Eine Riesenmängelliste gab es vor etwa 10 Jahren, doch der Tunnel wurde nicht dauerhaft gesperrt. Foto: AachenNews Archiv

Vom Dach tropft Wasser und hinter den Kacheln soll es Hohlräume geben. Der Forster Tunnel ist bestimmt der sonderbarste Tunnel von ganz NRW: Mal ist er nicht mehr zu gebrauchen, mal dürfen wieder munter pro Tag 16.000 Pkw durchfahren.

Ein weiterer Tunnel fällt ins Auge, der aus der gleichen Zeitepoche stammen dürfte. Er befindet sich im Zentrum, und nicht Pkw und Lkw sollten ihn passieren, sondern Fußgänger*innen. Sie sollten die Straße für Autos freimachen und mussten unter die Erde. Das fand man eine gute Idee. Diesen Tunnel hat man allerdings bereits seiner Funktion enthoben, der Zugang sieht heruntergekommen aus.

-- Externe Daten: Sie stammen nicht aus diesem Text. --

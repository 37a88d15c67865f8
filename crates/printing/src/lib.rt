// Bytes and numbers written into a lent slice, one after the other. What lies past the slice's end is counted and not written.
#![tactic(auto)]

ghost use Rattle.std.specs.Prelude.{[], ◌∷◌, ◌≡◌, ◌+◌, ◌<◌};
ghost use Rattle.printing.specs.Decimal.{natural, integer};
ghost use Rattle.printing.specs.Written.{blanks, Put};

pub fn put_byte(out: &mut [u8], at: usize, b: u8) -> usize
    ensures { Put out.old at (b ∷ []) out.new result }
{
    if at < out.len() {
        out[at] = b;
    }
    at.saturating_add(1)
}

pub fn put_bytes(out: &mut [u8], at: usize, word: &[u8]) -> usize
    ensures { Put out.old at word.now out.new result }
{
    let mut p = at;
    for &b in word {
        p = put_byte(out, p, b);
    }
    p
}

pub fn put_blanks(out: &mut [u8], at: usize, n: usize) -> usize
    ensures { Put out.old at (blanks n) out.new result }
{
    let mut p = at;
    for _ in 0..n {
        p = put_byte(out, p, b' ');
    }
    p
}

fn digit(n: u32) -> u8
    requires { n < 10 }
    ensures { result ≡ 48 + n }
{
    b'0' + (n as u8)
}

// A number in decimal.
// By hand and not by `write!`: what lies past the slice's end is counted too.
pub fn put_natural(out: &mut [u8], at: usize, n: u32) -> usize
    ensures { Put out.old at (natural n) out.new result }
{
    if n < 10 {
        return put_byte(out, at, digit(n));
    }
    let p = put_natural(out, at, n / 10);
    put_byte(out, p, digit(n % 10))
}

// A number in decimal.
pub fn put_integer(out: &mut [u8], at: usize, z: i32) -> usize
    ensures { Put out.old at (integer z) out.new result }
{
    if z < 0 {
        let p = put_bytes(out, at, b"-");
        return put_natural(out, p, z.unsigned_abs());
    }
    put_natural(out, at, z.unsigned_abs())
}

Die Unterführung in Nähe des Bushofs. Teils beschwerlich Treppe rauf, Treppe runter (mit Kinderwagen) ging es für die Fußgänger*innen, damit die Autos oben viel Platz hatten. Vorne rechts sieht man noch, was Behinderten im Rollstuhl zugemutet wurde. Sie sollten da die Rampe runterfahren.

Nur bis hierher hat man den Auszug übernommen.